The defendants—here, Avraham and Aroma Classique—bear the burden of proof on all elements of the forum non conveniens analysis and must establish that the balance of factors strongly weighs in favor of dismissal. See Vinmar Trade Fin., Ltd., 336 S.W.3d at 672; RSR Corp. v. Siegmund, 309 S.W.3d 686, 710-11 (Tex. App.—Dallas 2010, no pet.); see also DTEX, LLC v. BBVA Bancomer, S.A., 508 F.3d 785, 794 (5th Cir. 2007). The burden in opposing the plaintiff's chosen forum is heavy. Sinochem Int'l Co., Ltd. v. Malaysia Int'l Shipping Corp., 549 U.S. 422, 430, 127 S. Ct. 1184, 1191 (2007); Gulf Oil, 330 U.S. at 508, 67 S. Ct. at 843 ("[U]nless the balance is strongly in favor of the defendant, the plaintiff's choice of forum should rarely be disturbed."); Quixtar, 315 S.W.3d at 31. Nonetheless, a plaintiff's choice of forum is not dispositive. Piper Aircraft, 454 U.S. at 255-56 n.23, 102 S. Ct. at 252 n.23; see DTEX, 508 F.3d at 795.

A. Standard of Review

A forum non conveniens determination is committed to the trial court's sound discretion. Quixtar, 315 S.W.3d at 31 (quoting Piper Aircraft, 454 U.S. at 257, 102 S. Ct. at 266). We reverse "only when there has been a clear abuse of discretion; where the court has considered all the relevant public and private interest factors, and where its balancing of these factors is reasonable, its decision deserves substantial deference." Id. (quoting Piper Aircraft, 454 U.S. at 257, 102 S. Ct. at 266). The mere fact that a trial judge may decide a discretionary matter in a different manner than an appellate judge in a similar circumstance does not demonstrate an abuse of discretion. Id. (quoting Downer v. Aquamarine Operators, Inc., 701 S.W.2d 238, 242 (Tex. 1985)).

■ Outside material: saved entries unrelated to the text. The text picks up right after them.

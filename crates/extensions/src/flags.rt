// The flags of a record: what each one says, and whether it is set.
ghost use Rattle.std.specs.Prelude.{◌≡◌};
ghost use Rattle.extensions.specs.Flags.{flag};

// The flags byte of a record. Its flags are numbers, and no enum: `has_flag` promises an answer for every number.
#[derive(Clone, Copy)]
pub struct Flags;

impl Flags {
    pub const AUTHORITY_KEY: usize = 1;

    pub const AUTHORITY_SERIAL: usize = 2;

    pub const SUBJECT_KEY: usize = 4;

    pub const CA: usize = 8;

    pub const PATH_LENGTH: usize = 16;

    pub const KEY_USAGE: usize = 32;

    pub const MAY_SIGN: usize = 64;

    pub const UNHANDLED: usize = 128;
}

// Whether a flag is set; no for 0, which is none.
#[tactic(auto, unfolding(crate::specs::Flags::flag))]
pub fn has_flag(flags: usize, one: usize) -> bool
    ensures { result ≡ flag one flags }
{
    one != 0 && flags / one % 2 == 1
}
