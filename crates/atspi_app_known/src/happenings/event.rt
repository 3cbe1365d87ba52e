//! One thing that happens.

use atspi_base::Text;
use atspi_base::valid_names::BusName;
use atspi_message::Message;
use atspi_tree_model::Step;

/// What happens at an application: in its order it is told so.
#[derive(Drop)]
pub enum AppEvent {
    /// A step of its tree.
    Step(Step),
    /// A message that it sends.
    Send(Message),
    /// A listener's pattern counts from now on.
    Hears(BusName, Text),
    /// It no longer counts.
    Deaf(BusName, Text),
}
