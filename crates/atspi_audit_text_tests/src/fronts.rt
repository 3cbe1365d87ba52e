//! Whether texts begin with an event, and what follows it. What is due was worked out by hand.

use atspi_audit_text::{Told, behind};
use atspi_base::Bytes;
use atspi_script_lines::Party;
use atspi_trace_events::Event;
use std::alloc::Global;
use std::test::*;

/// An event by its word.
fn event_of(word: &str) -> Event {
    match word {
        "exit" => Event::Exit { who: Party::App(0) },
        "gone" => Event::Gone { reader: 0, app: 15 },
        "busy" => Event::Busy(7),
        "got" => Event::Got {
            taker: Party::Reader(0),
            sender: Party::Bus,
            serial: 7,
        },
        _ => Event::Quiet,
    }
}

/// The bytes behind it, where there are some: the word says which.
fn bytes_of(alloc: Global, word: &str) -> Option<Option<Bytes>> {
    let mut bytes = Bytes::new(alloc);
    match word {
        "none" => return Some(None),
        "two" => bytes.extend(&[0, 171]).ok()?,
        _ => {}
    }
    Some(Some(bytes))
}

/// An event as a trace tells it: its word, and that of its bytes.
fn told_of(alloc: Global, event: &str, bytes: &str) -> Option<Told> {
    let bytes = bytes_of(alloc, bytes)?;
    Some(Told {
        event: event_of(event),
        bytes,
    })
}

/// What follows an event in a text, in words: `no` where the text does not begin with it.
fn rest_of<'a>(alloc: Global, event: &str, bytes: &str, text: &'a str) -> Option<&'a [u8]> {
    let told = told_of(alloc, event, bytes)?;
    let rest = behind(alloc, &told, text.as_bytes()).ok()?;
    Some(rest.unwrap_or(b"no".as_slice()))
}

/// Rows of an event, its bytes, a text and what follows in it, with `|` between rows and `>` between the four.
const ROWS: &str = "\
quiet>none>quiet\n>|\
quiet>none>quiet\nquiet\n>quiet\n|\
quiet>none>quiet>no|\
quiet>none>>no|\
quiet>none>Quiet\n>no|\
quiet>none> quiet\n>no|\
quiet>none>quiet \n>no|\
quiet>none>quiet\r\n>no|\
quiet>none>\nquiet\n>no|\
busy>none>busy 7\n--\n>--\n|\
busy>none>busy 07\n>no|\
busy>none>busy 4294967303\n>no|\
busy>none>busy 8\n>no|\
exit>none>exit a0\nx>x|\
exit>none>exit a1\n>no|\
exit>none>exit r0\n>no|\
gone>none>gone r0 a15\n>|\
gone>none>gone r0 a1\n>no|\
got>none>got r0 bus 7\n= 00ab\n>= 00ab\n|\
got>two>got r0 bus 7\n= 00ab\nquiet\n>quiet\n|\
got>two>got r0 bus 7\nquiet\n>no|\
got>two>got r0 bus 7\n= 00AB\n>no|\
got>two>got r0 bus 7\n= 00ac\n>no|\
got>two>got r0 bus 7\n= 00ab00\n>no|\
got>two>got r0 bus 7\n=00ab\n>no|\
got>two>got r0 bus 7\n= 00ab>no|\
got>empty>got r0 bus 7\n= \n>|\
got>empty>got r0 bus 7\n>no";

/// Whether a row is as it says.
fn is_so(alloc: Global, row: &str) -> Option<bool> {
    let mut words = row.split('>');
    let (event, bytes) = (words.next()?, words.next()?);
    let (text, due) = (words.next()?, words.next()?);
    Some(rest_of(alloc, event, bytes, text) == Some(due.as_bytes()))
}

#[test]
fn texts_begin_with_events(rt: HostRuntime) {
    for row in ROWS.split('|') {
        assert!(rt; is_so(rt.alloc(), row) == Some(true), "{row}");
    }
}
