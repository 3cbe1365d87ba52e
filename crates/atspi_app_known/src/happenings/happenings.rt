//! What happens by one cause, before its messages have numbers.

ghost use Rattle.std.specs.Prelude.{◌≡◌, [], ◌∷◌, ◌++◌, OnOk, OnErr};
ghost use Rattle.atspi_message.specs.Envelope.{envelope_of};
ghost use Rattle.atspi_protocol.specs.exporting.Exporter.{steps, sends, hears, deaf};
ghost use Rattle.atspi_app_known.specs.happenings.View.{happened};

use crate::happenings::event::AppEvent;
use atspi_base::valid_names::BusName;
use atspi_base::{NoMemory, Text};
use atspi_message::Message;
use atspi_tree_model::Step;
use std::alloc::Global;
use std::collections::VecDeque;

/// What happens at an application by one cause, in order. Its messages get their numbers when they are queued.
#[derive(Drop)]
pub struct Happenings {
    pub(crate) events: VecDeque<AppEvent>,
}

impl Happenings {
    /// Nothing.
    pub fn new(alloc: Global) -> Happenings
        ensures { happened result ≡ [] }
    {
        Happenings {
            events: VecDeque::new(alloc),
        }
    }

    /// Behind the others comes a step. After want of memory all is as before.
    pub fn push_step(&mut self, step: Step) -> Result<(), NoMemory>
        ensures ok { OnOk result (happened self.new ≡ happened self.old ++ steps step ∷ []) }
        ensures err { OnErr result (happened self.new ≡ happened self.old) }
    {
        self.events.push_back(AppEvent::Step(step))?;
        Ok(())
    }

    /// Behind the others a message is sent. After want of memory all is as before.
    pub fn push_message(&mut self, message: Message) -> Result<(), NoMemory>
        ensures ok { OnOk result (happened self.new ≡ happened self.old ++ sends (envelope_of message) ∷ []) }
        ensures err { OnErr result (happened self.new ≡ happened self.old) }
    {
        self.events.push_back(AppEvent::Send(message))?;
        Ok(())
    }

    /// Behind the others a pattern counts from then on. After want of memory all is as before.
    pub fn push_hears(&mut self, name: BusName, pattern: Text) -> Result<(), NoMemory>
        ensures ok { OnOk result (happened self.new ≡ happened self.old ++ hears name pattern ∷ []) }
        ensures err { OnErr result (happened self.new ≡ happened self.old) }
    {
        self.events.push_back(AppEvent::Hears(name, pattern))?;
        Ok(())
    }

    /// Behind the others a pattern no longer counts. After want of memory all is as before.
    pub fn push_deaf(&mut self, name: BusName, pattern: Text) -> Result<(), NoMemory>
        ensures ok { OnOk result (happened self.new ≡ happened self.old ++ deaf name pattern ∷ []) }
        ensures err { OnErr result (happened self.new ≡ happened self.old) }
    {
        self.events.push_back(AppEvent::Deaf(name, pattern))?;
        Ok(())
    }
}
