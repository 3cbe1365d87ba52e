//! Tests of reading the text of a trace, through public calls alone.
#![tactic(auto)]

#[cfg(test)]
mod fronts;
#[cfg(test)]
mod hostile;
#[cfg(test)]
mod readers;
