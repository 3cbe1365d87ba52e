//! The law of exits, and what comes and is held behind an application's end.

ghost use Rattle.atspi_trace_laws.specs.exits.Laws.{ExitsHold, NothingComesBehindAnEnd, NothingIsHeldBehindAnEnd};

/// Behind an end's exit stands no step of it, and it sends and takes nothing. Where a reader takes the bus's news that
/// the unique name of an application is nobody's, it tells the end of that application, with the closing line where it
/// held it: of each lawful trace, and of each front of one behind which nothing is owed.
pub fn exits_hold()
    ensures { ExitsHold }
{}

/// A reader that told the end of an application takes no message of it from there on: of each front of a lawful trace.
pub fn nothing_comes_behind_an_end()
    ensures { NothingComesBehindAnEnd }
{}

/// And it holds nothing of it from there on.
pub fn nothing_is_held_behind_an_end()
    ensures { NothingIsHeldBehindAnEnd }
{}
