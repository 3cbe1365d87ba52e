//! Room in the queue, which is made before what happens is done.

ghost use Rattle.std.specs.Prelude.{◌≡◌, ◌++◌, ◌+◌, ◌<◌, IsErrOf, OnOk};
ghost use Rattle.atspi_protocol.specs.exporting.Exporter.{numbered, sent_in};
ghost use Rattle.atspi_app_known.specs.happenings.Room.{HasRoom};
ghost use Rattle.atspi_app_known.specs.happenings.View.{happened, next_of, out_of};

use crate::happenings::happenings::Happenings;
use crate::happenings::kept::AppQueue;
use crate::happenings::queue::count_messages;
use atspi_protocol::ends::EndFault;

impl AppQueue {
    /// Makes room for what is to happen. Spent exactly where its messages would pass number 4,294,967,295. What is
    /// queued stays as it is.
    pub fn reserve(&mut self, happenings: &Happenings) -> Result<(), EndFault>
        ensures room { OnOk result (HasRoom self.new happenings.now) }
        ensures spent { IsErrOf result EndFault.Spent
            → 4294967296 < next_of self.old + sent_in (happened happenings.now) }
        ensures next { next_of self.new ≡ next_of self.old }
        ensures out { out_of self.new ≡ out_of self.old }
    {
        let more = count_messages(&happenings.events);
        if u64::from(u32::MAX) - self.taken < more {
            return Err(EndFault::Spent);
        }
        self.waiting.reserve(happenings.events.len())?;
        Ok(())
    }

    /// Queues what happened, for which room was made; its messages get the next numbers. Takes no memory.
    pub fn post_in_room(&mut self, happenings: &mut Happenings)
        requires { HasRoom self.old happenings.old }
        ensures next { next_of self.new ≡ next_of self.old + sent_in (happened happenings.old) }
        ensures out { out_of self.new ≡ out_of self.old ++ numbered (next_of self.old) (happened happenings.old) }
    {
        let more = count_messages(&happenings.events);
        match self.waiting.append(&mut happenings.events) {
            Ok(()) => {
                self.taken += more;
            }
            Err(_) => unreachable!(),
        }
    }
}
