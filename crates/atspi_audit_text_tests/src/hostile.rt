//! Texts that no reader's message begins: cut anywhere, changed anywhere, long lines, numbers too large.

use crate::readers::{SENT_HELLO, found};
use atspi_base::{Bytes, NoMemory};
use std::alloc::Global;
use std::test::*;

/// Whether each front of the text but the whole is none.
fn is_none_cut(alloc: Global, text: &[u8]) -> bool {
    for len in 0..text.len() {
        if found(alloc, &text[..len]).is_some() {
            return false;
        }
    }
    true
}

#[test]
fn a_text_that_is_cut_is_none(rt: HostRuntime) {
    assert!(rt; is_none_cut(rt.alloc(), SENT_HELLO.as_bytes()));
}

/// Appends a text with the last bit of one byte turned.
fn put_turned(text: &[u8], at: usize, out: &mut Bytes) -> Result<(), NoMemory> {
    for (i, byte) in text.iter().enumerate() {
        let turned = if i == at { *byte ^ 1 } else { *byte };
        out.push(turned)?;
    }
    Ok(())
}

/// What is found in a text with one byte turned.
fn found_turned(alloc: Global, text: &[u8], at: usize) -> Option<(u32, usize)> {
    let mut turned = Bytes::new(alloc);
    match put_turned(text, at, &mut turned) {
        Ok(()) => found(alloc, turned.as_slice()),
        Err(_) => Some((99, 2)),
    }
}

/// The place of the reader's digit, behind `sent r`.
const DIGIT: usize = 6;

/// Whether a text with one byte turned is none, but for another reader's digit.
fn is_none_turned(alloc: Global, text: &[u8]) -> bool {
    for at in 0..text.len() {
        let due = if at == DIGIT { Some((1, 0)) } else { None };
        if found_turned(alloc, text, at) != due {
            return false;
        }
    }
    true
}

#[test]
fn a_text_with_one_byte_changed_is_none(rt: HostRuntime) {
    assert!(rt; is_none_turned(rt.alloc(), SENT_HELLO.as_bytes()));
}

/// What stands in place of `sent r0 call l 0 1 `, and whether the text is then one of a reader.
const HEADS: &str = "\
sent r3 call l 0 1 => 3
sent r4 call l 0 1 => none
sent r10 call l 0 1 => none
sent r00 call l 0 1 => none
sent r4294967296 call l 0 1 => none
sent r99999999999999999999 call l 0 1 => none
sent r call l 0 1 => none
sent r/ call l 0 1 => none
sent a0 call l 0 1 => none
sent reg call l 0 1 => none
sent bus call l 0 1 => none
got r0 bus 1 => none
sent r0  call l 0 1 => none
sent r0 call l 0 2 => none
sent r0 call l 0 01 => none
sent r0 call l 0 4294967297 => none
sent r0 call l 256 1 => none
sent r0 call B 0 1 => none
sent r0 signal l 0 1 => none
-- => none";

/// Appends a text with another head.
fn put_headed(head: &str, out: &mut Bytes) -> Result<(), NoMemory> {
    out.extend(head.as_bytes())?;
    out.push(b' ')?;
    let text = SENT_HELLO.as_bytes();
    let rest = text
        .strip_prefix(b"sent r0 call l 0 1 ".as_slice())
        .unwrap_or(text);
    out.extend(rest)
}

/// Whether a row of heads is as it says.
fn is_headed_so(alloc: Global, row: &str) -> Option<bool> {
    let (head, due) = row.split_once(" => ")?;
    let due = due.parse::<u32>().ok();
    let mut text = Bytes::new(alloc);
    put_headed(head, &mut text).ok()?;
    let reader = found(alloc, text.as_slice()).map(|it| it.0);
    Some(reader == due)
}

#[test]
fn other_words_and_numbers_are_none(rt: HostRuntime) {
    for row in HEADS.lines() {
        assert!(rt; is_headed_so(rt.alloc(), row) == Some(true), "{row}");
    }
}

/// Appends a piece so many times.
fn put_many(piece: &str, count: u32, out: &mut Bytes) -> Result<(), NoMemory> {
    for _ in 0..count {
        out.extend(piece.as_bytes())?;
    }
    Ok(())
}

/// Appends a front, a piece so many times, and a back.
fn put_long(
    front: &str,
    piece: &str,
    count: u32,
    back: &str,
    out: &mut Bytes,
) -> Result<(), NoMemory> {
    out.extend(front.as_bytes())?;
    put_many(piece, count, out)?;
    out.extend(back.as_bytes())
}

/// What is found in such a text.
fn found_long(
    alloc: Global,
    front: &str,
    piece: &str,
    count: u32,
    back: &str,
) -> Option<(u32, usize)> {
    let mut text = Bytes::new(alloc);
    match put_long(front, piece, count, back, &mut text) {
        Ok(()) => found(alloc, text.as_slice()),
        Err(_) => Some((99, 3)),
    }
}

#[test]
fn long_lines_are_none(rt: HostRuntime) {
    let alloc = rt.alloc();
    assert!(rt; found_long(alloc, "sent r0 ", "x", 66_560, "\n= 00\n").is_none());
    assert!(rt; found_long(alloc, "sent r0 x\n= ", "00", 66_560, "\n").is_none());
    assert!(rt; found_long(alloc, "sent r0 x\n= ", "00", 66_560, "").is_none());
    assert!(rt; found_long(alloc, "sent r0 call l 0 ", "1", 66_560, "\n= 6c\n").is_none());
}

#[test]
fn separators_are_none(rt: HostRuntime) {
    assert!(rt; found_long(rt.alloc(), "", "--\n", 100_000, SENT_HELLO).is_none());
    assert!(rt; found_long(rt.alloc(), SENT_HELLO, "--\n", 100_000, "") == Some((0, 300_000)));
}
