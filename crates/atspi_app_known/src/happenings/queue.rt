//! The queue of what happens at an application.

ghost use Rattle.std.specs.Prelude.{◌≡◌, [], ◌∷◌, ◌++◌, ◌+◌, ◌<◌, ◌↔◌, IsErrOf, MatchOption, OnOk, OnErr};
ghost use Rattle.atspi_protocol.specs.exporting.Exporter.{numbered, sent_in};
ghost use Rattle.atspi_app_known.specs.happenings.Happened.{happening_of, sent_by};
ghost use Rattle.atspi_app_known.specs.happenings.inner.Happened.{is_sent};
ghost use Rattle.atspi_app_known.specs.happenings.View.{happened, next_of, out_of};

use crate::happenings::event::AppEvent;
use crate::happenings::happenings::Happenings;
use crate::happenings::kept::AppQueue;
use atspi_protocol::ends::EndFault;
use std::alloc::Global;
use std::collections::VecDeque;

/// Whether it is a message.
fn is_message(event: &AppEvent) -> bool
    ensures { result ≡ is_sent event.now }
{
    matches!(event, AppEvent::Send(_))
}

/// How many of some happenings are messages.
pub(crate) fn count_messages(events: &VecDeque<AppEvent>) -> u64
    ensures { result ≡ sent_by events.now.items }
{
    let mut count = 0;
    for i in 0..events.len() {
        if is_message(&events[i]) {
            count += 1;
        }
    }
    count
}

impl AppQueue {
    /// Nothing; the first message will have number 1.
    pub fn new(alloc: Global) -> AppQueue
        ensures next { next_of result ≡ 1 }
        ensures out { out_of result ≡ [] }
    {
        AppQueue {
            handed_out: 0,
            taken: 0,
            waiting: VecDeque::new(alloc),
        }
    }

    /// The number of the next message that is queued; 4,294,967,296 where none is left.
    pub fn next_number(&self) -> u64
        ensures { result ≡ next_of self.now }
    {
        self.taken + 1
    }

    /// Queues what happens; its messages get the next numbers. Spent exactly where they would pass number
    /// 4,294,967,295; after a fault all is as before.
    pub fn post(&mut self, happenings: &mut Happenings) -> Result<(), EndFault>
        ensures next { OnOk result (next_of self.new ≡ next_of self.old + sent_in (happened happenings.old)) }
        ensures out { OnOk result
            (out_of self.new ≡ out_of self.old ++ numbered (next_of self.old) (happened happenings.old)) }
        ensures spent { IsErrOf result EndFault.Spent
            ↔ (4294967296 < next_of self.old + sent_in (happened happenings.old)) }
        ensures err_next { OnErr result (next_of self.new ≡ next_of self.old) }
        ensures err_out { OnErr result (out_of self.new ≡ out_of self.old) }
        ensures kept { OnErr result (happened happenings.new ≡ happened happenings.old) }
    {
        let more = count_messages(&happenings.events);
        if u64::from(u32::MAX) - self.taken < more {
            return Err(EndFault::Spent);
        }
        self.waiting.append(&mut happenings.events)?;
        self.taken += more;
        Ok(())
    }

    /// The oldest of what is queued, which is no longer queued.
    pub fn pop(&mut self) -> Option<AppEvent>
        ensures front { MatchOption result (out_of self.old ≡ [])
            (λ event. out_of self.old ≡ happening_of event ∷ out_of self.new) }
        ensures empty { MatchOption result (out_of self.new ≡ out_of self.old)
            (λ event. next_of self.new ≡ next_of self.old) }
        ensures next { next_of self.new ≡ next_of self.old }
    {
        let mut event = self.waiting.pop_front()?;
        if let AppEvent::Send(message) = &mut event {
            self.handed_out += 1;
            message.serial = self.handed_out as u32;
        }
        Some(event)
    }
}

B. Adequacy of Israel as an alternative forum

For a case to be dismissed for forum non conveniens, there must be another forum that could hear the case. Piper Aircraft, 454 U.S. at 254 n.22, 102 S. Ct. at 265 n.22. An alternative forum exists when it is both available and adequate. Saqui v. Pride Cent. Am., LLC, 595 F.3d 206, 211 (5th Cir. 2010). An alternative forum is available when the entire case and all the parties are subject to that forum's jurisdiction. Sarieddine v. Moussa, 820 S.W.2d 837, 841 (Tex. App.—Dallas 1991, writ denied) (quoting Quintero v. Klaveness Ship Lines, 914 F.2d 717, 727 (5th Cir.1990)). An alternative forum is adequate "if the parties will not be deprived of all remedies or treated unfairly, even though they may not enjoy the same benefits as they might receive in an American court." In re Pirelli Tire, L.L.C., 247 S.W.3d 670, 678 (Tex. 2007) (quoting Vasquez v. Bridgestone/Firestone, Inc., 325 F.3d 665, 671 (5th Cir. 2003)).

Regarding Israel as an alternative forum, the trial court found that the parties consented in the forum-selection clause to submit to Israel's jurisdiction, that the law of Israel governs, and that the law of Israel offers an adequate remedy for SES's claims. SES does not challenge any of those findings on appeal. That is, SES does not dispute the enforceability of the forum-selection clause or that Israel is an available forum under the clause. Neither does SES argue that the substantive law of Israel does not apply or that it would deprive SES of any remedy on its claims. SES complains that the trial court erred in dismissing its claims because Avraham and Aroma Classique did not satisfy their burden of showing that the private and public interest factors weigh in favor of Israel as the more convenient forum. Thus, we do not pass upon the issue of whether the trial court erred in determining that Israel was an adequate alternative forum, and we turn instead to the issue of whether the trial court acted within its sound discretion in determining that the balance of factors weighed in favor of dismissal.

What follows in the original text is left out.